Gaussian regression thus produces a multi-variate normal posterior $f(\mathbf{h}^c|\mathbf{d}^c_{obs})$, that is easily sampled from to produce forecast components conditioned to $\mathbf{d}^c_{obs}$. We can thus generate posterior by simply sampling from this multivariate Gaussian. Sampling from a multi-variate Gaussian is a simple procedure (refer to SampleCanonicalPosterior.m).


In [15]:
%plot inline -s 1800,600
warning('off','all');
addpath('../src/thirdparty/fda_matlab/');
NumPosteriorSamples = 100;
h_c_post = SampleCanonicalPosterior(mu_posterior,C_posterior,...
    NumPosteriorSamples,h_c);



We are not however, interested in posterior predictions in the canonical space; rather we need to transform them back into the time-domain. We thus need to undo each of the transformations. We start by undoing the normal score transform. We can then observe the reduction in variance in the posterior models (blue) versus prior (gray).
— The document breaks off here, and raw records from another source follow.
//! The text of a whole state, as `show` tells it: its facts, row by row, and the numbers of its threads.
//!
//! Proved: `write_state` writes the text of the state, or a part of it and then a write failed.
//!
//! The state is read and not changed, and no memory is taken.
#![tactic(auto)]

mod numbers;
mod rows;
mod state;

pub use state::write_state;
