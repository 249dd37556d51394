//! The trees of a script's steps into flat code.
//!
//! Proved: `open` gives the flat form of each body of a script, numbered in the order of the declarations.
#![tactic(auto)]

mod bodies;
mod flatten;

pub use bodies::open;
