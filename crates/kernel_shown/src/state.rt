//! The text of a state.
ghost use Rattle.words_script.specs.declared.name_kind.NameKind.TheVariants as kind;
ghost use Rattle.script_writer.specs.Names.{names_of};
ghost use Rattle.std.specs.Prelude.{◌≡◌, ◌-◌, ◌≤◌, ◌<◌, false};
ghost use Rattle.parts_io.specs.Bytes.{WritesAll};
ghost use Rattle.parts_io.specs.Causes.{HasCause};
ghost use Rattle.rules_facts.specs.Shown.{killed_line, once_ended, state_line, state_text};
ghost use Rattle.script_printer.specs.Puts.{Put, Puts, outlet};
ghost use Rattle.kernel_texts.specs.Lines.{texts_below};
ghost use Rattle.kernel_texts.specs.Rows.{left_out, list_text, numbers_text, signals_text};
ghost use Rattle.kernel_texts.specs.Numbered.{AreNumbered};
ghost use Rattle.kernel_texts.specs.Picked.{left_in};

use crate::numbers::put_numbers;
use crate::rows::{put_objects, put_threads};
use kernel_lines::{Declared, know_rows};
use kernel_object_facts::{left_out, put_signal};
use kernel_state::Parts;
use kernel_thread_facts::{prio_of, put_list};
use parts_io::{Failed, Sink};
use script_printer::Printer;
use script_writer::Word::{Keyword, Number, Signal};
use words_script::Script;

// Prints the instant.
fn put_instant<K: Sink>(out: &mut Printer<'_, K>, parts: &Parts)
    ensures { Puts K.text K.faults out.old out.new (state_line parts.now.machine.now) }
{
    out.line(&[Number(parts.instant().get()), Keyword(b"state")]);
}

// Prints the signal that ended the process, where one did.
fn put_killed<K: Sink>(out: &mut Printer<'_, K>, killed: Option<u8>)
    ensures { Puts K.text K.faults out.old out.new (killed_line killed) }
{
    if let Some(signal) = killed {
        out.line(&[Keyword(b"killed"), Signal(signal)]);
    }
}

// Prints the lists, that of the greatest priority first.
fn put_lists<K: Sink>(out: &mut Printer<'_, K>, parts: &Parts, decls: &Declared<'_>)
    ensures { Puts K.text K.faults out.old out.new (texts_below (list_text decls.now 255 parts.now.machine.lists) 255) }
{
    for below in 0..255u8 {
        put_list(out, parts, decls, prio_of(255 - below));
    }
}

// Prints the pending signals, by number.
fn put_signals<K: Sink>(out: &mut Printer<'_, K>, parts: &Parts, decls: &Declared<'_>)
    ensures { Puts K.text K.faults out.old out.new (signals_text decls.now (left_in (left_out parts.now.machine) parts.now.machine)) }
{
    let out_of_it = left_out(parts);
    know_rows(parts);
    for signal in 0..32u8 {
        put_signal(out, parts, decls, signal, out_of_it);
    }
}

// Prints the numbers of the threads that live, by number.
fn put_all_numbers<K: Sink>(out: &mut Printer<'_, K>, parts: &Parts, decls: &Declared<'_>)
    ensures { Puts K.text K.faults out.old out.new (numbers_text decls.now parts.now.machine) }
{
    for number in 0..parts.count() {
        put_numbers(out, parts, decls, parts.tid(number));
    }
}

// Prints the whole state.
fn put_state<K: Sink>(out: &mut Printer<'_, K>, parts: &Parts, script: &Script)
    requires numbered { AreNumbered script.now parts.now.machine }
    requires named { parts.now.names ≡ names_of kind.Thread script.now.decls }
    ensures { Puts K.text K.faults out.old out.new (state_text script.now (once_ended parts.now.machine.killed parts.now.machine)) }
{
    let decls = &Declared::of(script.decls.items(), parts);
    know_rows(parts);
    put_instant(out, parts);
    put_killed(out, parts.killed());
    put_lists(out, parts, decls);
    put_threads(out, parts, decls);
    put_objects(out, parts, script);
    put_signals(out, parts, decls);
    put_all_numbers(out, parts, decls);
}

// Prints the whole state to a sink, and answers whether a write failed.
fn print_state<K: Sink>(parts: &Parts, script: &Script, sink: &mut K) -> bool
    requires numbered { AreNumbered script.now parts.now.machine }
    requires named { parts.now.names ≡ names_of kind.Thread script.now.decls }
    ensures { Put (outlet K.text K.faults false sink.old) (outlet K.text K.faults result sink.new) (state_text script.now (once_ended parts.now.machine.killed parts.now.machine)) }
{
    let mut out = Printer::new(sink);
    put_state(&mut out, parts, script);
    out.failed()
}

/// Writes the state as `show` tells it: its instant, the signal that ended the process where one did, the facts that are not empty, and
/// the numbers of the threads that live. Where the process has ended it is the state without the record that ended it. It takes no memory.
///
/// `Err` comes only where the sink's count of faults rose in this call, and then a part from the front of the text was appended.
pub fn write_state<K: Sink>(parts: &Parts, script: &Script, sink: &mut K) -> Result<(), Failed>
    requires numbered { AreNumbered script.now parts.now.machine }
    requires named { parts.now.names ≡ names_of kind.Thread script.now.decls }
    ensures written { WritesAll (K.text sink.old) (K.text sink.new) result (state_text script.now (once_ended parts.now.machine.killed parts.now.machine)) }
    ensures cause { HasCause (K.faults sink.old) (K.faults sink.new) result }
{
    if print_state(parts, script, sink) {
        return Err(Failed);
    }
    Ok(())
}
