//! Trees of steps into flat operations.
ghost use Rattle.std.specs.Prelude.{◌≡◌, ◌+◌, ◌<◌, ◌^◌, [], ◌∷◌, ◌++◌, length, OnOk};
ghost use Rattle.words_script.specs.Tree.{block_of};
ghost use Rattle.rules_bodies.specs.Flat.{flat, op_number};

use script_code::{Ops, Packed};
use std::alloc::AllocError;
use words_script::{Body, Call, Step};

// Appends the operations of a step.
#[cycle(flatten)]
fn flatten_step(step: &Step, ops: &mut Ops) -> Result<(), AllocError>
    requires { length ops.old + op_number (block_of (step.now ∷ [])) < 2 ^ 32 }
    ensures { OnOk result (ops.new ≡ ops.old ++ flat (length ops.old) (block_of (step.now ∷ []))) }
{
    match step {
        Step::Run(n) => ops.push(Packed::Run(*n)),
        Step::Make(call) => ops.push_call(call),
        Step::Set(n) => ops.push(Packed::Set(*n)),
        Step::Add(n) => ops.push(Packed::Add(*n)),
        Step::Take => ops.push(Packed::Take),
        Step::Test { res, equal, body } => {
            let at = ops.len();
            ops.push(Packed::Test {
                res: *res,
                equal: *equal,
                skip: 0,
            })?;
            flatten(body, ops)?;
            let skip = (ops.len() - at - 1) as u32;
            ops.set_test(at, *res, *equal, skip);
            Ok(())
        }
        Step::Loop { times, body } => match times {
            Some(n) => {
                ops.push(Packed::Begin(*n))?;
                let first = ops.len() as u32;
                flatten(body, ops)?;
                ops.push(Packed::Repeat { first })
            }
            None => {
                let first = ops.len() as u32;
                flatten(body, ops)?;
                ops.push(Packed::Again { first })
            }
        },
        Step::Guard { cleanup, body, run } => {
            ops.push_call(&Call::Push(*cleanup))?;
            flatten(body, ops)?;
            ops.push_call(&Call::Pop(*run))
        }
    }
}

/// Appends the operations of a body.
#[cycle(flatten)]
pub(crate) fn flatten(body: &Body, ops: &mut Ops) -> Result<(), AllocError>
    requires { length ops.old + op_number body.now < 2 ^ 32 }
    ensures { OnOk result (ops.new ≡ ops.old ++ flat (length ops.old) body.now) }
{
    for step in body.steps() {
        flatten_step(step, ops)?;
    }
    Ok(())
}
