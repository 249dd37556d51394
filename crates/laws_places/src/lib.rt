//! The list machine over two types of places: where both know the same of bodies, a run over the one is a run over the other.
//!
//! Proved: definitions and lemmas: a run over any places that know the same of bodies is the script's run. `laws_flat_code` and
//! `tool_commands` stand on them.
#![tactic(auto)]
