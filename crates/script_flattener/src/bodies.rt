//! The flat code of a script.
ghost use Rattle.std.specs.Prelude.{◌≡◌, ℕ, ◌+◌, ◌≤◌, ◌<◌, ◌^◌, [], ◌∷◌, ◌++◌, length, slice_get, All, IfOk, OnOk, Some};
ghost use Rattle.words_script.specs.Block.{Block};
ghost use Rattle.words_script.specs.Tree.{step_count};
ghost use Rattle.rules_bodies.specs.Flat.{IsFlattenable, bodies_of, body_list, flat, flat_form, with_decl};
ghost use Rattle.rules_bodies.specs.Stands.{IsBody};

use crate::flatten::flatten;
use script_code::{Code, Ops};
use std::alloc::{AllocError, Global};
use words_script::{Body, Decl, Kind, Script};

// Takes a body and gives its number.
fn add_body(code: &mut Code, alloc: Global, body: &Body) -> Result<u16, AllocError>
    requires room { length code.old.all < 2 ^ 16 }
    requires short { step_count body.now ≤ 65536 }
    ensures number { IfOk result (λ number. number ≡ length code.old.all) }
    ensures body { OnOk result (code.new ≡ record code.old { all = code.old.all ++ flat 0 body.now ∷ [] }) }
{
    let mut ops = Ops::new(alloc);
    flatten(body, &mut ops)?;
    code.add(ops)
}

// Takes the body of a declaration, where it has one.
fn declare(code: &mut Code, alloc: Global, decl: &Decl) -> Result<(), AllocError>
    requires room { length code.old.all + length (body_list decl.now) ≤ 2 ^ 16 }
    requires short { All (λ body. step_count body ≤ 65536) (body_list decl.now) }
    ensures { OnOk result (code.new ≡ with_decl (flat 0) decl.now code.old) }
{
    match decl {
        Decl::Named(_, kind) => match kind {
            Kind::Thread { body, .. } => {
                let number = add_body(code, alloc, body)?;
                code.add_thread(number)
            }
            Kind::Handler { body } => {
                let number = add_body(code, alloc, body)?;
                code.add_handler(number)
            }
            Kind::Cleanup { body } => {
                let number = add_body(code, alloc, body)?;
                code.add_cleanup(number)
            }
            _ => Ok(()),
        },
        Decl::Action(..) => Ok(()),
    }
}

/// The flat code of a script, whose bodies are numbered in the order of their declarations.
pub fn open(alloc: Global, script: &Script) -> Result<Code, AllocError>
    requires { IsFlattenable (bodies_of script.now.decls).all }
    ensures flat_form { IfOk result (λ code. code ≡ flat_form (bodies_of script.now.decls)) }

    // Each body of the script is there under its number.
    ensures bodies { IfOk result (λ code. (n : ℕ) → (body : Block)
        → slice_get (bodies_of script.now.decls).all n ≡ Some body → IsBody code n body) }
{
    let mut code = Code::new(alloc);
    for decl in script.decls.items() {
        declare(&mut code, alloc, decl)?;
    }
    Ok(code)
}
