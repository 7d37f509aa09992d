//! States, their initial weights, and events: what every engine and every law of the exact market speaks of.
//! Nothing here runs in the market; the function below states a law of the definitions in `specs/`.
#![tactic(auto)]

ghost use Rattle.mk_states.specs.Shares.{SharesPositive};

/// Each share of a state that can come is 1 to a million, and its initial weight at least 1.
pub fn shares_positive()
    ensures { SharesPositive }
{}
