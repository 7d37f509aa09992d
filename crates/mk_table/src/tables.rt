//! The tables of an engine.

ghost use Rattle.std.specs.Prelude.{◌≡◌, ◌≢◌, ℕ, ◌+◌, ◌-◌, ◌*◌, ◌<◌, ◌≤◌, ◌==◌, length, true, All, IfOk, if◌then◌else◌, slice_set, slice_index_or, vec_capacity, None, Some};
ghost use Rattle.mk_table.specs.Below.{variable_at, ratio_pairs, max_clique_cells, trade_ratio};
ghost use Rattle.mk_table.specs.Below.{plus_over, share_there, support_there, ratio_there, Stands};
ghost use Rattle.mk_table.specs.Below.{IsOwnOf, HasEvent, HasOneEach, HasSized, cells_in};
ghost use Rattle.mk_table.specs.Below.{has_variable, values_at, cell_in, cells_onto, cells_beside};
ghost use Rattle.mk_table.specs.Below.{cells_where, IsFull, StandListed};
ghost use Rattle.mk_table.specs.Tables.{HasNumbers, HasRoom, is_untouched};
ghost use Rattle.mk_table.specs.Ratios.{KeepsPairs};
ghost use Rattle.mk_table.specs.Margins.{IsMarginBut};
ghost use Rattle.mk_table.specs.Lists.{IsOnes, no_scope, table_in};

use crate::changes::Change;
use crate::scopes::Scopes;
use crate::store::{Place, Spare, Store};
use crate::touched::pairs_within;
use mk_cell::Cell;
use mk_net::{Event, Network, NoMemory, Pair, Ratio};
use mk_passes::{
    Columns, Lists, fill, margin_times, one, plus_at_chosen, plus_of_each, plus_of_listed,
    plus_of_products,
};
use mk_scope::{CellList, Places};
use mk_semiring::Semiring;
use std::alloc::Global;
use std::marker::{Model, PhantomData};
use std::rc::Rc;

/// The tables of an engine, over scopes that are given, in one piece of memory. All of it is reserved at the start, and none
/// of it is written before a table is changed; a table of ones takes none.
///
/// A table is a scope, and a cell for each list of values of its variables. Each cell stands for a whole number, all of a
/// table under one shift, in a number of steps that each lose at most one part in `2^63`.
///
/// A ratio multiplies the cells that it does not touch by 2^40, for which the shift alone grows. So such a cell also stands,
/// under no shift, for a number of its own, of which its number is a multiple. A table keeps one event for all its ratios:
/// no ratio touched a cell where this event does not hold, nor any cell where there is none.
#[derive(Drop)]
pub struct Tables<R: Semiring> {
    scopes: Rc<Scopes>,
    store: Store,
    spare: Spare,
    semiring: PhantomData<R>,
}

impl<R: Semiring> Model for Tables<R> {
    ghost use Rattle.std.specs.Prelude.{List};
    ghost use Rattle.mk_table.specs.Tables.{TableOf};
    ghost use Rattle.mk_table.specs.inner.Store.{AreTables, store_tables};

    ghost Value = { List TableOf };

    ghost view = { λ t. store_tables t.scopes.value t.store };

    ghost invariant = { λ t. AreTables t.scopes.value t.store t.spare };
}
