// Written by hand, so that whoever drops tables meets one call and not the fields.
impl Drop for Tables {
    fn drop(self) {
        let Tables {
            alloc: _,
            stack_slots: _,
            dynamic_stack_slots: _,
            global_values: _,
            alias_regions: _,
            signatures: _,
            functions: _,
            constants: _,
            jump_tables: _,
            exception_tables: _,
            stack_maps: _,
            value_labels: _,
        } = self;
    }
}

impl Tables {
    /// Tables without entries.
    pub fn new(alloc: Global) -> Tables
        ensures { result ≡ no_entries }
    {
        Tables {
            alloc,
            stack_slots: PrimaryMap::new(alloc),
            dynamic_stack_slots: PrimaryMap::new(alloc),
            global_values: PrimaryMap::new(alloc),
            alias_regions: AliasRegionSet::new(alloc),
            signatures: PrimaryMap::new(alloc),
            functions: PrimaryMap::new(alloc),
            constants: ConstantPool::new(alloc),
            jump_tables: PrimaryMap::new(alloc),
            exception_tables: PrimaryMap::new(alloc),
            stack_maps: StackMaps::new(alloc),
            value_labels: None,
        }
    }

    /// Makes a stack slot.
    ///
    /// # Errors
    ///
    /// `Memory`, where memory is refused, or `Full`, where the table has 2^32 - 1 entries. All is as it was then.
    pub fn create_sized_stack_slot(&mut self, slot: StackSlotData) -> Result<StackSlot, BuildError>
        ensures { Makes (length self.old.stack_slots) self.old self.new (with_stack_slot self.old slot) result }
    {
        self.stack_slots.push(slot)
    }

    /// Makes a stack slot whose size is known only when the program runs.
    ///
    /// # Errors
    ///
    /// `Memory`, where memory is refused, or `Full`, where the table has 2^32 - 1 entries. All is as it was then.
    pub fn create_dynamic_stack_slot(
        &mut self,
        slot: DynamicStackSlotData,
    ) -> Result<DynamicStackSlot, BuildError>
        ensures { Makes (length self.old.dynamic_stack_slots) self.old self.new
            (with_dynamic_stack_slot self.old slot) result }
    {
        self.dynamic_stack_slots.push(slot)
    }

    /// Makes a global value.
    ///
    /// # Errors
    ///
    /// `Memory`, where memory is refused, or `Full`, where the table has 2^32 - 1 entries. All is as it was then.
    pub fn create_global_value(&mut self, value: GlobalValueData) -> Result<GlobalValue, BuildError>
        ensures { Makes (length self.old.global_values) self.old self.new (with_global_value self.old value) result }
    {
        self.global_values.push(value)
    }

    /// Imports a signature, as a new one also where there is an equal one.
    ///
    /// # Errors
    ///
    /// `Memory`, where memory is refused, or `Full`, where the table has 2^32 - 1 entries. All is as it was then.
    pub fn import_signature(&mut self, signature: Signature) -> Result<SigRef, BuildError>
        ensures { Makes (length self.old.signatures) self.old self.new (with_signature self.old signature) result }
    {
        self.signatures.push(signature)
    }

    /// Imports a function, as a new one also where there is an equal one.
    ///
    /// # Errors
    ///
    /// `Memory`, where memory is refused, or `Full`, where the table has 2^32 - 1 entries. All is as it was then.
    pub fn import_function(&mut self, function: ExtFuncData) -> Result<FuncRef, BuildError>
        ensures { Makes (length self.old.functions) self.old self.new (with_function self.old function) result }
    {
        self.functions.push(function)
    }

    /// The constant of these bytes, the lowest first. It is made if there is none: equal bytes are one constant.
    ///
    /// # Errors
    ///
    /// `Memory`, where memory is refused, or `Full`, where there are 2^32 - 1 other constants. All is as it was then.
    pub fn pool_constant(&mut self, bytes: &[u8]) -> Result<Constant, BuildError>
        ensures { Pools bytes.now self.old.constants self.old self.new (with_constant self.old bytes.now) result }
    {
        self.constants.insert(bytes)
    }

    /// Makes a jump table, which serves no instruction so far.
    ///
    /// # Errors
    ///
    /// `Memory`, where memory is refused, or `Full`, where the table has 2^32 - 1 entries. All is as it was then.
    pub fn create_jump_table(&mut self, table: JumpTableData) -> Result<JumpTable, BuildError>
        ensures { Makes (length self.old.jump_tables) self.old self.new (with_jump_table self.old table) result }
    {
        self.jump_tables.push(Some(table))
    }

    /// Makes an exception table, which serves no instruction so far.
    ///
    /// # Errors
    ///
    /// `Memory`, where memory is refused, or `Full`, where the table has 2^32 - 1 entries. All is as it was then.
    pub fn create_exception_table(
        &mut self,
        table: ExceptionTableData,
    ) -> Result<ExceptionTable, BuildError>
        ensures { Makes (length self.old.exception_tables) self.old self.new (with_exception_table self.old (exception_shape table)) result }
    {
        self.exception_tables.check_room()?;
        let targets = ExceptionTargets::new(self.alloc, table)?;
        self.exception_tables.push(Some(targets))
    }

    /// The regions, to which more may be added.
    pub fn alias_regions_mut(&mut self) -> &mut AliasRegionSet
        ensures* writes_back { sem 𝓛 (lends_regions self.entry result) }
        ensures value { result.now ≡ self.old.alias_regions }
    {
        &mut self.alias_regions
    }

    /// The regions of memory.
    pub fn alias_regions(&self) -> &AliasRegionSet
        ensures { result.now ≡ self.now.alias_regions }
    {
        &self.alias_regions
    }

    /// A stack slot, if there is one of this number.
    pub fn stack_slot(&self, slot: StackSlot) -> Option<&StackSlotData>
        ensures { option_copied result ≡ slice_get self.now.stack_slots slot }
    {
        self.stack_slots.get(slot)
    }

    /// A stack slot whose size is known only when the program runs, if there is one of this number.
    pub fn dynamic_stack_slot(&self, slot: DynamicStackSlot) -> Option<&DynamicStackSlotData>
        ensures { option_copied result ≡ slice_get self.now.dynamic_stack_slots slot }
    {
        self.dynamic_stack_slots.get(slot)
    }

    /// A global value, if there is one of this number.
    pub fn global_value(&self, value: GlobalValue) -> Option<&GlobalValueData>
        ensures { option_copied result ≡ slice_get self.now.global_values value }
    {
        self.global_values.get(value)
    }

    /// An imported signature, if there is one of this number.
    pub fn signature(&self, signature: SigRef) -> Option<&Signature>
        ensures { option_copied result ≡ slice_get self.now.signatures signature }
    {
        self.signatures.get(signature)
    }

    /// An imported function, if there is one of this number.
    pub fn function(&self, function: FuncRef) -> Option<&ExtFuncData>
        ensures { option_copied result ≡ slice_get self.now.functions function }
    {
        self.functions.get(function)
    }

    /// The bytes of a constant, if there is one of this number.
    pub fn constant(&self, constant: Constant) -> Option<&ConstantData>
        ensures { option_copied result ≡ slice_get self.now.constants constant }
    {
        self.constants.get(constant)
    }

    /// The edges of a jump table, if there is one of this number that serves no instruction so far.
    pub fn jump_table(&self, table: JumpTable) -> Option<&JumpTableData>
        ensures { option_copied result ≡ unserved (slice_get self.now.jump_tables table) }
    {
        self.jump_tables.get(table)?.as_ref()
    }

    /// Takes the edges of a jump table for the instruction that it serves from now on, if there is a table of this
    /// number that serves none so far.
    pub fn take_jump_table(&mut self, table: JumpTable) -> Option<JumpTableData>
        ensures taken { result ≡ unserved (slice_get self.old.jump_tables table) }
        ensures served { self.new ≡ with_table_served self.old table }
    {
        if table.index() >= self.jump_tables.len() {
            return None;
        }
        self.jump_tables.entry_mut(table).take()
    }

    /// An exception table, if there is one of this number that serves no instruction so far.
    pub fn exception_table(&self, table: ExceptionTable) -> Option<&ExceptionTargets>
        ensures { option_copied result ≡ unserved (slice_get self.now.exception_tables table) }
    {
        self.exception_tables.get(table)?.as_ref()
    }

    /// Takes an exception table for the instruction that it serves from now on, if there is a table of this number
    /// that serves none so far.
    pub fn take_exception_table(&mut self, table: ExceptionTable) -> Option<ExceptionTargets>
        ensures taken { result ≡ unserved (slice_get self.old.exception_tables table) }
        ensures served { self.new ≡ with_exception_table_served self.old table }
    {
        if table.index() >= self.exception_tables.len() {
            return None;
        }
        self.exception_tables.entry_mut(table).take()
    }

    /// The stack map of an instruction, which is empty where it has none.
    pub fn stack_map(&self, inst: Inst) -> &[UserStackMapEntry]
        ensures { result.now ≡ stack_map_at self.now inst }
    {
        self.stack_maps.get(inst)
    }

    /// Gives an instruction a stack map, in place of the one that it had. An empty one reads as none.
    ///
    /// # Errors
    ///
    /// `Memory`; nothing is changed then.
    pub fn set_stack_map(
        &mut self,
        inst: Inst,
        map: Vec<UserStackMapEntry>,
    ) -> Result<(), BuildError>
        ensures ok { OnOk result (self.new ≡ with_stack_map self.old inst map.items) }
        ensures err { OnErr result (self.new ≡ self.old) }
        ensures only_memory { OnErr result (result ≡ Err BuildError.Memory) }
    {
        self.stack_maps.set(inst, map)
    }

    /// Collects labels of values from now on. Where they are collected already, nothing changes.
    pub fn collect_debug_info(&mut self)
        ensures { self.new ≡ with_labels_collected self.old }
    {
        if self.value_labels.is_none() {
            self.value_labels = Some(ValueLabels::new(self.alloc));
        }
    }

    /// Gives a value one label more. Where labels aren't collected, nothing is kept, and the answer is `Ok`.
    ///
    /// # Errors
    ///
    /// `Memory`; nothing is changed then.
    pub fn set_val_label(&mut self, value: Value, start: ValueLabelStart) -> Result<(), BuildError>
        ensures ok { OnOk result (self.new ≡ with_label self.old value start) }
        ensures err { OnErr result (self.new ≡ self.old) }
        ensures only_memory { OnErr result (result ≡ Err BuildError.Memory) }
    {
        match &mut self.value_labels {
            Some(labels) => labels.push(value, start),
            None => Ok(()),
        }
    }

    /// The labels of a value, in the order of the calls that set them; none where none was kept.
    pub fn value_labels(&self, value: Value) -> &[ValueLabelStart]
        ensures { result.now ≡ labels_at self.now value }
    {
        match &self.value_labels {
            Some(labels) => labels.get(value),
            None => &[],
        }
    }

    /// How many stack slots there are.
    pub fn stack_slot_count(&self) -> usize
        ensures exact { result ≡ length self.now.stack_slots }
        ensures fits { result < 2 ^ 32 }
    {
        self.stack_slots.len()
    }

    /// How many dynamic stack slots there are.
    pub fn dynamic_stack_slot_count(&self) -> usize
        ensures exact { result ≡ length self.now.dynamic_stack_slots }
        ensures fits { result < 2 ^ 32 }
    {
        self.dynamic_stack_slots.len()
    }

    /// How many global values there are.
    pub fn global_value_count(&self) -> usize
        ensures exact { result ≡ length self.now.global_values }
        ensures fits { result < 2 ^ 32 }
    {
        self.global_values.len()
    }

    /// How many imported signatures there are.
    pub fn signature_count(&self) -> usize
        ensures exact { result ≡ length self.now.signatures }
        ensures fits { result < 2 ^ 32 }
    {
        self.signatures.len()
    }

    /// How many imported functions there are.
    pub fn function_count(&self) -> usize
        ensures exact { result ≡ length self.now.functions }
        ensures fits { result < 2 ^ 32 }
    {
        self.functions.len()
    }

    /// How many constants there are.
    pub fn constant_count(&self) -> usize
        ensures exact { result ≡ length self.now.constants }
        ensures fits { result < 2 ^ 32 }
    {
        self.constants.len()
    }

    /// How many jump tables there are.
    pub fn jump_table_count(&self) -> usize
        ensures exact { result ≡ length self.now.jump_tables }
        ensures fits { result < 2 ^ 32 }
    {
        self.jump_tables.len()
    }

    /// How many exception tables there are.
    pub fn exception_table_count(&self) -> usize
        ensures exact { result ≡ length self.now.exception_tables }
        ensures fits { result < 2 ^ 32 }
    {
        self.exception_tables.len()
    }
}
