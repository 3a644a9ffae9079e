//! The law of sealing orders: which orders of sealing are allowed, and that acceptance depends on no more of them. The functions
//! here have empty bodies, and their contracts are the laws of the definitions.
#![tactic(auto)]

ghost use Rattle.clif_sealing_order_laws.specs.EmittingExamples.{EmittingOrderExamples};
ghost use Rattle.clif_sealing_order_laws.specs.Examples.{OrderExamples};
ghost use Rattle.clif_sealing_order_laws.specs.Laws.{AllowedOrdersAgree, AttemptsAgree, CallAttemptsAgree};

/// Calls that differ only in when blocks are sealed, some of which may emit or are only tried, are all accepted where their orders are
/// allowed, or stopped alike at one call; and accepted calls have an allowed order.
pub fn call_attempts_agree()
    ensures { CallAttemptsAgree }
{}

/// The same of the builder's own calls, of which none emits.
pub fn attempts_agree()
    ensures { AttemptsAgree }
{}

/// The same of scripts, of which no call is only tried.
pub fn allowed_orders_agree()
    ensures { AllowedOrdersAgree }
{}

/// Allowed orders of one script, orders that aren't allowed, and scripts that are stopped whatever their order.
pub fn order_examples()
    ensures { OrderExamples }
{}

/// A switch whose blocks are sealed in orders that are allowed and in one that isn't, and switches that are stopped whatever the order.
pub fn emitting_order_examples()
    ensures { EmittingOrderExamples }
{}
This represents that a reduction in prediction uncertainty should be achieved. We need to undo the canonical transform, followed by the FPCA and FDA (refer to UndoCanonicalFunctional.m) for this implementation.


In [16]:
% Undo the CCA and FPCA transformations
h_reconstructed = UndoCanonicalFunctional(h_c_post, B, h_f,...
    PriorPrediction.time, PriorPredictionFPCA);



We can then plot the posterior predictions in the time domain, as well as compute the updated P10,P50,P90. The posterior quantiles exhibit a significant reduction in uncertainty in comparison to the prior.


In [17]:
%plot inline -s 1800,800
[PriorQuantiles, PosteriorQuantiles] = ComputeQuantiles(...
    PriorPrediction.data, h_reconstructed');
PlotPosteriorSamplesAndQuantiles(PriorPrediction,TruthRealization, ...
    h_reconstructed',PriorQuantiles,PosteriorQuantiles);



References

Abdi, Herve, Lynne J. Williams, and Domininique Valentin. "Multiple factor analysis: principal component analysis for multitable and multiblock data sets." Wiley Interdisciplinary Reviews: Computational Statistics 5.2 (2013): 149-179.

Ahlbrandt, Thomas S. The Sirte Basin Province of Libya: Sirte-Zelten Total Petroleum System. US Department of the Interior, US Geological Survey, 2001.

Fiduk, Joseph Carl. "Evaporites, petroleum exploration, and the Cenozoic evolution of the Libyan shelf margin, central North Africa." Marine and Petroleum Geology 26.8 (2009): 1513-1527.

Ramsay, James O. Functional data analysis. John Wiley & Sons, Inc., 2006.

Tarantola, Albert. Inverse problem theory and methods for model parameter estimation. Society for Industrial and Applied Mathematics, 2005.

Thompson, Bruce. "Canonical correlation analysis." Encyclopedia of statistics in behavioral science (2005).